6. Structural Invariance, Geometry, and Limitations

A recurring theme is the importance—and nontriviality—of ensuring invariance under reparametrization, particularly in Bayesian inference. Failure to account for weight-space symmetries or null directions can lead to posteriors that are miscalibrated or sensitive to non-identifiable parameterizations (Roy et al., 5 Jun 2024). Geometric approaches that employ the pullback metric, quotient spaces, or explicit Riemannian metrics yield methods whose predictions and uncertainty quantification are independent of such redundancies.

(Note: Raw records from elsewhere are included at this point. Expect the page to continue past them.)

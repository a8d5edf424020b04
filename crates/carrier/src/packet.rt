// One parcel: made from a lent body, read, and laid into a lent space.
// Assumes nothing.
ghost use Rattle.std.specs.Prelude.{◌≡◌, ◌≤◌, length};
ghost use Rattle.carrier.specs.Parcels.{longest_body, laid};
ghost use Rattle.carrier.specs.Stored.{parcel_of, Packed};

use crate::storage::Packet;
use crate::traits::Received;
use words::body::Body;
use words::refusal::Refusal;

impl Packet {
    // A parcel of its own with this head and body.
    pub fn new(head: u32, body: &[u32]) -> Result<Packet, Refusal>
        ensures { Packed head body.now result }
    {
        Ok(Packet {
            head,
            body: Body::try_from(body)?,
        })
    }

    // The body of the parcel.
    pub fn body(&self) -> &[u32]
        ensures whole { result.now ≡ (parcel_of self.now).body }
        ensures short { length result.now ≤ longest_body }
    {
        self.body.words()
    }

    // Gives the parcel out: its body into the first words of the space.
    pub(crate) fn give(&self, space: &mut [u32]) -> Received
        requires { longest_body ≤ length space.old }
        ensures head { result.head ≡ (parcel_of self.now).head }
        ensures size { result.size ≡ length (parcel_of self.now).body }
        ensures space { space.new ≡ laid (parcel_of self.now).body space.old }
    {
        let body = self.body();
        space[0..body.len()].copy_from_slice(body);
        Received {
            head: self.head,
            size: body.len(),
        }
    }
}
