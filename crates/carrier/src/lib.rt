// Carriers: what brings parcels from panel to panel, on lanes.
// Assumes nothing.
#![tactic(auto)]

mod lanes;
pub mod line;
pub mod loopback;
mod packet;
mod queue;
pub mod storage;
#[cfg(test)]
mod tests;
pub mod traits;
pub mod tray;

However, enforcing invariance can introduce additional computational and modeling challenges. For example, in the context of infinite-width neural networks, differing parameterizations (e.g., standard param vs. NTK param) correspond to genuinely different functions and priors, so the concept of "reparametrization" must be carefully circumscribed (Kristiadi et al., 2023). For many practical algorithms, the choice of reparametrization—e.g., what latent measure to push forward, what structure to enforce by design, what basis for low-rank projections—implies trade-offs between expressiveness, identifiability, and efficiency.

7. Summary and Outlook

Reparametrization-based methods constitute a foundational toolkit in modern statistical and machine learning methodology. Through the judicious introduction of new variables, mappings, or transformed architectures, these methods:

Simplify inference and optimization by reducing high- or infinite-dimensional nuisance structure to manageable finite parametrizations.
Enable unbiased, low-variance, and efficient gradient estimation, even for challenging distributional families and compositional latent variable models.
Ensure invariance of statistical learning outcomes under changes of parameterization by leveraging the geometry of the underlying function space.
Achieve superior empirical performance in models where computational, memory, or privacy constraints make conventional approaches infeasible.

Continued development and analysis of reparametrization-based methods—especially with a focus on invariance, structure encoding, and computational efficiency—will remain central as models grow in complexity and as the need for robust, generalizable, and interpretable inference sharpens across domains.